Я невольно пробегаю взглядом по высоким, в белых резных наличниках, окнам второго этажа. Ни одного милиционера в них не видно. Это немного успокаивает, и я задаю темпераментной собеседнице ещё один вопрос:
-А как вы относитесь кооператорам?
Она реагирует мгновенно, как будто готовилась к ответу накануне:
-Это никакие не кооператоры. Если бы он сам вырастил, скажем, овечку, настриг шерсть, сдал мясо... А nо бетон  у них государственный, сахар - государственной. И за это дерут c народа деньги! Это всё придумали там? - она снова показывает вверх. - Это партийцы виноваты. Почитайте мои стихи. Я всё в них написала. И не думайте, что я тут только из-за денег. Некоторым я отдаю свои сборники бесплатно...
К поэтессе подходят всё новые люди, их поток увлекает нас дальше, и последнюю фразу она кричит нам, уходящим - вдогонку.

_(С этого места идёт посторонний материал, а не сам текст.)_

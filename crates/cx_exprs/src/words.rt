//! Integer types as they are written ([dcl.type.simple], [dcl.type.cv]).

ghost use Rattle.std.specs.Prelude.{◌≡◌};
ghost use Rattle.cx_exprs.specs.TypeWords.{alone, char_named, consts_of, int_in, int_named, modifiers_in, named_by, named_type, named_words, no_words, specifiers, with_core, with_modifier, with_modifiers, with_part, with_parts, with_sign, with_word};
ghost use Rattle.cx_exprs.specs.Typing.{first_rule};

use cx_base::{IntType, Rule};
use cx_tree::{Modifier, ModifierWord, Specs, SpecsType, TypeWord, WordOrModifier};

/// One of the words that stand once.
#[derive(Clone, Copy)]
pub enum Core {
    Missing,
    Void,
    Bool,
    Char,
    Int,
    Auto,
}

/// `signed` or `unsigned`.
#[derive(Clone, Copy)]
pub enum Sign {
    Missing,
    Signed,
    Unsigned,
}

/// `short`, `long` or `long long`.
#[derive(Clone, Copy)]
pub enum Length {
    Missing,
    Short,
    Long,
    LongLong,
}

/// The words of a type, in any order ([dcl.type.simple]).
#[derive(Clone, Copy)]
pub struct Words {
    pub core: Core,
    pub sign: Sign,
    pub length: Length,
}

/// What the words or the name among specifiers name.
#[derive(Clone, Copy)]
pub enum Named {
    /// No type.
    Nothing,
    Int(IntType),
    Auto,
    /// A type that isn't built.
    Other,
}

/// How often `const` stands, and whether other specifiers do.
#[derive(Clone, Copy)]
pub enum Consts {
    Missing,
    Once,
    Wrong,
}

/// No words yet.
const NO_WORDS: Words = Words {
    core: Core::Missing,
    sign: Sign::Missing,
    length: Length::Missing,
};

fn with_core(core: Core, words: Words) -> Option<Words>
    ensures { result ≡ with_core core words }
{
    match words.core {
        Core::Missing => Some(Words {
            core,
            sign: words.sign,
            length: words.length,
        }),
        _ => None,
    }
}

fn with_sign(sign: Sign, words: Words) -> Option<Words>
    ensures { result ≡ with_sign sign words }
{
    match words.sign {
        Sign::Missing => Some(Words {
            core: words.core,
            sign,
            length: words.length,
        }),
        _ => None,
    }
}

fn with_length(length: Length, words: Words) -> Words
    ensures { result ≡ record words { length = length } }
{
    Words {
        core: words.core,
        sign: words.sign,
        length,
    }
}

/// The words with one more, if it may stand with them.
fn with_word(word: TypeWord, words: Words) -> Option<Words>
    ensures { result ≡ with_word word words }
{
    match word {
        TypeWord::Void => with_core(Core::Void, words),
        TypeWord::Bool => with_core(Core::Bool, words),
        TypeWord::Char => with_core(Core::Char, words),
        TypeWord::Int => with_core(Core::Int, words),
        TypeWord::Auto => with_core(Core::Auto, words),
        TypeWord::Signed => with_sign(Sign::Signed, words),
        TypeWord::Unsigned => with_sign(Sign::Unsigned, words),
        TypeWord::Short => match words.length {
            Length::Missing => Some(with_length(Length::Short, words)),
            _ => None,
        },
        TypeWord::Long => match words.length {
            Length::Missing => Some(with_length(Length::Long, words)),
            Length::Long => Some(with_length(Length::LongLong, words)),
            _ => None,
        },
    }
}

fn int_named(sign: Sign, length: Length) -> IntType
    ensures { result ≡ int_named sign length }
{
    match sign {
        Sign::Unsigned => match length {
            Length::Missing => IntType::UInt,
            Length::Short => IntType::UShort,
            Length::Long => IntType::ULong,
            Length::LongLong => IntType::ULongLong,
        },
        _ => match length {
            Length::Missing => IntType::Int,
            Length::Short => IntType::Short,
            Length::Long => IntType::Long,
            Length::LongLong => IntType::LongLong,
        },
    }
}

fn char_named(sign: Sign) -> IntType
    ensures { result ≡ char_named sign }
{
    match sign {
        Sign::Missing => IntType::Char,
        Sign::Signed => IntType::SChar,
        Sign::Unsigned => IntType::UChar,
    }
}

fn alone(named: Named, words: Words) -> Named
    ensures { result ≡ alone named words.sign words.length }
{
    match words.sign {
        Sign::Missing => match words.length {
            Length::Missing => named,
            _ => Named::Nothing,
        },
        _ => Named::Nothing,
    }
}

/// What words name ([dcl.type.simple]).
fn named_by(words: Words) -> Named
    ensures { result ≡ named_by words.core words.sign words.length }
{
    match words.core {
        Core::Missing => match words.sign {
            Sign::Missing => match words.length {
                Length::Missing => Named::Nothing,
                length => Named::Int(int_named(words.sign, length)),
            },
            sign => Named::Int(int_named(sign, words.length)),
        },
        Core::Int => Named::Int(int_named(words.sign, words.length)),
        Core::Char => match words.length {
            Length::Missing => Named::Int(char_named(words.sign)),
            _ => Named::Nothing,
        },
        Core::Bool => alone(Named::Int(IntType::Bool), words),
        Core::Void => alone(Named::Other, words),
        Core::Auto => alone(Named::Auto, words),
    }
}

fn named_words(words: Option<Words>) -> Named
    ensures { result ≡ named_words words }
{
    match words {
        Some(words) => named_by(words),
        None => Named::Nothing,
    }
}

fn with_part(words: Option<Words>, part: WordOrModifier) -> Option<Words>
    ensures { result ≡ with_part words part }
{
    match part {
        WordOrModifier::Word(word) => match words {
            Some(words) => with_word(word, words),
            None => None,
        },
        WordOrModifier::Modifier(_) => words,
    }
}

fn with_parts(first: Option<Words>, parts: &[WordOrModifier]) -> Option<Words>
    ensures { result ≡ with_parts first parts.now }
{
    let mut words = first;
    for part in parts {
        words = with_part(words, *part);
    }
    words
}

/// What one word names.
pub fn word_named(word: TypeWord) -> Named
    ensures { result ≡ named_words (with_word word no_words) }
{
    named_words(with_word(word, NO_WORDS))
}

/// What the type among specifiers names.
pub fn named_type(ty: &SpecsType) -> Named
    ensures { result ≡ named_type ty.now }
{
    match ty {
        SpecsType::Missing => Named::Nothing,
        SpecsType::Words(word, parts) => {
            named_words(with_parts(with_word(*word, NO_WORDS), parts.as_slice()))
        }
        SpecsType::Named(_, _) => Named::Other,
    }
}

fn with_modifier(consts: Consts, modifier: Modifier) -> Consts
    ensures { result ≡ with_modifier consts modifier }
{
    match modifier.word {
        ModifierWord::Const => match consts {
            Consts::Missing => Consts::Once,
            _ => Consts::Wrong,
        },
        _ => Consts::Wrong,
    }
}

fn with_modifiers(first: Consts, modifiers: &[Modifier]) -> Consts
    ensures { result ≡ with_modifiers first modifiers.now }
{
    let mut consts = first;
    for modifier in modifiers {
        consts = with_modifier(consts, *modifier);
    }
    consts
}

fn modifiers_in(first: Consts, parts: &[WordOrModifier]) -> Consts
    ensures { result ≡ modifiers_in first parts.now }
{
    let mut consts = first;
    for part in parts {
        if let WordOrModifier::Modifier(modifier) = part {
            consts = with_modifier(consts, *modifier);
        }
    }
    consts
}

/// How often `const` stands among specifiers, and whether others do.
pub fn consts_of(specs: &Specs) -> Consts
    ensures { result ≡ consts_of specs.now }
{
    let consts = with_modifiers(Consts::Missing, specs.modifiers.as_slice());
    match &specs.ty {
        SpecsType::Missing => consts,
        SpecsType::Words(_, parts) => modifiers_in(consts, parts.as_slice()),
        SpecsType::Named(_, modifiers) => with_modifiers(consts, modifiers.as_slice()),
    }
}

/// The first rule that specifiers of a type without a name break.
pub fn specifiers_rule(named: Named, consts: Consts) -> Option<Rule>
    ensures { result ≡ first_rule (specifiers named consts).tests }
{
    if matches!(named, Named::Nothing | Named::Auto) {
        return Some(Rule::BadType);
    }
    if matches!(consts, Consts::Wrong) {
        return Some(Rule::BadSpecifier);
    }
    if matches!(named, Named::Other) {
        return Some(Rule::LeftOutForm);
    }
    None
}

/// The integer type that is named.
pub fn int_in(named: Named) -> IntType
    ensures { result ≡ int_in named }
{
    match named {
        Named::Int(ty) => ty,
        _ => IntType::Int,
    }
}
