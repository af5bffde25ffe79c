//! One of two objects or values ([expr.cond]).

ghost use Rattle.std.specs.Prelude.{◌≡◌, ◌<◌, length, true, false, IfOk, IfErr};
ghost use Rattle.cx_type_defs.specs.Same.{form_of};
ghost use Rattle.cx_typed.specs.Shown.{Within, shown};
ghost use Rattle.cx_typed.specs.Trees.{Conditional, note_of};
ghost use Rattle.cx_exprs.specs.declared.answer.ElabAnswer.TheVariants as answer;
ghost use Rattle.cx_exprs.specs.Desks.{types_of};
ghost use Rattle.cx_exprs.specs.Forms as forms;

use crate::answer::ElabAnswer;
use crate::elab::Elab;
use crate::nodes::{as_value, boxed, is_same_type};
use crate::operators::between;
use cx_base::{IntType, Span};
use cx_typed::{Judge, TExpr, TNode};
use cx_types::{TypeId, TypeKind};

/// The integer type that an object has, and whether it is const.
#[derive(Clone, Copy)]
pub struct ObjectType {
    pub ty: IntType,
    pub konst: bool,
}

#[tactic(auto, using(crate::proofs::ObjectForms::object_int, crate::proofs::ObjectForms::object_other))]
fn object_of<J: Judge>(elab: &Elab<J>, id: TypeId) -> Option<ObjectType>
    requires { id.0 < length (types_of elab.now).rows }
    ensures { result ≡ forms.object_of (form_of true (types_of elab.now) id) }
{
    let row = elab.row(id);
    match row.kind {
        TypeKind::Int(ty) => Some(ObjectType {
            ty,
            konst: row.konst,
        }),
        _ => None,
    }
}

fn same_objects(left: Option<ObjectType>, right: Option<ObjectType>) -> bool
    ensures { result ≡ forms.same_objects left right }
{
    match left {
        Some(left) => match right {
            Some(right) => is_same_type(left.ty, right.ty) && left.konst == right.konst,
            None => false,
        },
        None => false,
    }
}

#[tactic(auto, using(cx_typed::proofs::Views::type_within, crate::proofs::ObjectForms::alike_is))]
fn are_alike<J: Judge>(elab: &Elab<J>, left: &TExpr, right: &TExpr) -> bool
    requires left { Within (types_of elab.now) left.now }
    requires right { Within (types_of elab.now) right.now }
    ensures { result ≡ forms.are_alike (note_of (shown (types_of elab.now) left.now)) (note_of (shown (types_of elab.now) right.now)) }
{
    let same = same_objects(object_of(elab, left.ty), object_of(elab, right.ty));
    left.lvalue && (right.lvalue && same)
}

/// One of two operands of one type.
#[tactic(auto, using(cx_typed::proofs::Views::within_conditional, cx_typed::proofs::Views::shown_conditional))]
fn chosen<J: Judge>(
    elab: &Elab<J>,
    condition: TExpr,
    left: TExpr,
    right: TExpr,
    ty: TypeId,
    lvalue: bool,
    span: Span,
) -> Result<TExpr, ElabAnswer>
    requires condition { Within (types_of elab.now) condition }
    requires left { Within (types_of elab.now) left }
    requires right { Within (types_of elab.now) right }
    requires known { ty.0 < length (types_of elab.now).rows }
    ensures within { IfOk result (Within (types_of elab.now)) }
    ensures form { IfOk result (λ e. shown (types_of elab.now) e ≡ Conditional (shown (types_of elab.now) condition) (shown (types_of elab.now) left) (shown (types_of elab.now) right) (record { ty = form_of true (types_of elab.now) ty; lvalue = lvalue; span = span })) }
    ensures memory { IfErr result (λ a. a ≡ answer.Memory) }
{
    let condition = boxed(elab.alloc(), condition)?;
    let left = boxed(elab.alloc(), left)?;
    let right = boxed(elab.alloc(), right)?;
    Ok(TExpr {
        node: TNode::Conditional(condition, left, right),
        ty,
        lvalue,
        span,
    })
}

/// `c ? a : b`, which is one of two values ([expr.cond]).
#[tactic(auto, using(crate::proofs::ObjectForms::value_chosen))]
fn of_values<J: Judge>(
    elab: &Elab<J>,
    condition: TExpr,
    left: TExpr,
    right: TExpr,
    span: Span,
) -> Result<TExpr, ElabAnswer>
    requires condition { Within (types_of elab.now) condition }
    requires left { Within (types_of elab.now) left }
    requires right { Within (types_of elab.now) right }
    ensures within { IfOk result (Within (types_of elab.now)) }
    ensures form { IfOk result (λ e. shown (types_of elab.now) e ≡ forms.chosen false (shown (types_of elab.now) condition) (shown (types_of elab.now) left) (shown (types_of elab.now) right) span) }
    ensures memory { IfErr result (λ a. a ≡ answer.Memory) }
{
    let ty = between(elab.int_type(&left), elab.int_type(&right));
    let left = as_value(elab, ty, left)?;
    let right = as_value(elab, ty, right)?;
    let made = chosen(elab, condition, left, right, elab.int_id(ty), false, span)?;
    Ok(made)
}

/// `c ? a : b` ([expr.cond]).
#[tactic(auto, using(cx_typed::proofs::Views::type_within, crate::proofs::ObjectForms::object_chosen, crate::proofs::ObjectForms::chosen_by))]
pub(crate) fn conditional<J: Judge>(
    elab: &Elab<J>,
    condition: TExpr,
    left: TExpr,
    right: TExpr,
    span: Span,
) -> Result<TExpr, ElabAnswer>
    requires condition { Within (types_of elab.now) condition }
    requires left { Within (types_of elab.now) left }
    requires right { Within (types_of elab.now) right }
    ensures within { IfOk result (Within (types_of elab.now)) }
    ensures form { IfOk result (λ e. shown (types_of elab.now) e ≡ (forms.conditional (shown (types_of elab.now) condition) (shown (types_of elab.now) left) (shown (types_of elab.now) right) span).form) }
    ensures memory { IfErr result (λ a. a ≡ answer.Memory) }
{
    let condition = as_value(elab, IntType::Bool, condition)?;
    if are_alike(elab, &left, &right) {
        let ty = left.ty;
        let lvalue = left.lvalue;
        let made = chosen(elab, condition, left, right, ty, lvalue, span)?;
        return Ok(made);
    }
    let made = of_values(elab, condition, left, right, span)?;
    Ok(made)
}
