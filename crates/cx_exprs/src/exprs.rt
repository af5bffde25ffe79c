//! Whole expressions: what has no operands, and what isn't built ([expr]).

ghost use Rattle.std.specs.Prelude.{◌≡◌, [], IfOk, IfErr};
ghost use Rattle.cx_base.specs.declared.int_type.IntType.TheVariants as type;
ghost use Rattle.cx_base.specs.declared.rule.Rule.TheVariants as rule;
ghost use Rattle.cx_plain.specs.ExpressionViews.{tree, written};
ghost use Rattle.cx_plain.specs.Expressions as plain;
ghost use Rattle.cx_plain.specs.Spans.{span_of};
ghost use Rattle.cx_typed.specs.Shown.{Within, shown};
ghost use Rattle.cx_exprs.specs.declared.answer.ElabAnswer.TheVariants as answer;
ghost use Rattle.cx_exprs.specs.Desks.{IsFault, types_of, world_of};
ghost use Rattle.cx_exprs.specs.Expressions as spec;
ghost use Rattle.cx_exprs.specs.Forms as forms;
ghost use Rattle.cx_exprs.specs.Helpers as helper;
ghost use Rattle.cx_exprs.specs.Typing.{Good, node};

use crate::answer::ElabAnswer;
use crate::elab::Elab;
use crate::forms::{literal, size, type_written};
use cx_base::{IntType, Rule, Span};
use cx_ints::Int;
use cx_plain::span;
use cx_tree::{Expr, TypeId};
use cx_typed::{Judge, TExpr};

/// `sizeof(T)` and `alignof(T)` ([expr.sizeof], [expr.alignof]).
pub(crate) fn size_written<J: Judge>(
    elab: &Elab<J>,
    ty: &TypeId,
    span: Span,
) -> Result<TExpr, ElabAnswer>
    ensures within { IfOk result (Within (types_of elab.now)) }
    ensures ok { IfOk result (λ e. helper.size_of (written ty.now) span (world_of elab.now) ≡ Good (shown (types_of elab.now) e) (world_of elab.now)) }
    ensures fault { IfErr result (λ a. IsFault a (helper.size_of (written ty.now) span (world_of elab.now))) }
{
    match type_written(elab, ty) {
        Ok(ty) => Ok(size(elab, ty, span)),
        Err(answer) => Err(answer),
    }
}

/// A literal of a character ([lex.ccon]).
pub(crate) fn character<J: Judge>(
    elab: &Elab<J>,
    value: i8,
    span: Span,
) -> Result<TExpr, ElabAnswer>
    ensures within { IfOk result (Within (types_of elab.now)) }
    ensures ok { IfOk result (λ e. spec.typed (plain.Character value span) (world_of elab.now) ≡ Good (shown (types_of elab.now) e) (world_of elab.now)) }
    ensures fault { IfErr result (λ a. IsFault a (spec.typed (plain.Character value span) (world_of elab.now))) }
{
    let int = Int {
        ty: IntType::Char,
        value: value as i128,
    };
    literal(elab, int, span)
}

/// `true`, with 1, and `false`, with 0 ([lex.bool]).
pub(crate) fn truth<J: Judge>(elab: &Elab<J>, value: i128, span: Span) -> Result<TExpr, ElabAnswer>
    ensures within { IfOk result (Within (types_of elab.now)) }
    ensures ok { IfOk result (λ e. node span (forms.literal (record { ty = type.Bool; value = value }) span) (world_of elab.now) ≡ Good (shown (types_of elab.now) e) (world_of elab.now)) }
    ensures fault { IfErr result (λ a. IsFault a (node span (forms.literal (record { ty = type.Bool; value = value }) span) (world_of elab.now))) }
{
    let int = Int {
        ty: IntType::Bool,
        value,
    };
    literal(elab, int, span)
}

/// A form that isn't built.
pub(crate) fn left_out<J: Judge>(elab: &Elab<J>, expr: &Expr) -> ElabAnswer
    ensures { result ≡ answer.Fault (record { span = span_of (tree expr.now); rule = rule.LeftOutForm; frames = [] }) }
{
    elab.fault(Rule::LeftOutForm, span(expr))
}
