//! The one door to the memory of an evaluation: what a store of objects promises, and what is built on that promise
//! alone.
#![tactic(auto)]

mod store;

pub use cx_state::{Birth, Kind, Phase, Scalar};
pub use store::{RootView, Store, StoreAnswer, StoreMark};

Снова привлекает внимание музыка. Где-то неподалеку играет баян и звучит высокий сильный голос. Он поёт щемящими душу словами о море, о любимой - поёт какую-то старую, забытую песню. Наконец, за головами идущих людей, возле старинной арки, вижу невысокого крепкого парня в потертых джинсах, тапках на босу ногу и в расхристанной белой рубашке. Он рвёт на груди баян, растягивая его как можно шире, то и дело прогибается назад, словно штангист, жмущий вес. Иногда замолкает на полуслове, чтобы набрать воздуха, и мелодия льется дальше.
-Здорово поёт! - говорит кто-то за моей спиной.
Людей возле него нет, наверное, потому, что слушать можно издали. Перед парнем на асфальте стоит, сначала незамеченная мной, пустая литровая коробка из-под молока.  Вот один из прохожих нечаянно опрокинул коробку, другое отпнул в сторону. Парень, неловко изогнувшись, поднял её, поставил поближе, к самым ногам и вновь растянул мехи.

Возле следующей арки стоит странная молчаливая шеренга людей в черных одеждах. На голове у женщин белые, расширяющиеся спереди широкими козырьками, камилавки. Усатые, похожие на гоголевских персонажей, пожилые дядьки держат плакаты-воззвания с требованием свободы для украинской католической церкви. Есть среди них и мальчик лет десяти с висящим на шее плакатом. Руки его сложены так же, как и у взрослых: ладонями вместе и пальцами вниз.

Эта тихая демонстрация католиков проходит рядом со столами уличного кафе, за которыми модно одетые молодые люди как ни в чём ни бывало подтягивают через соломинки кооперативный коктейль. Ветер доносит оттуда обрывки разговора:
-А что за я за это буду иметь? - вопрошает девушка с сигаретой, пуская дым в лицо собеседнику.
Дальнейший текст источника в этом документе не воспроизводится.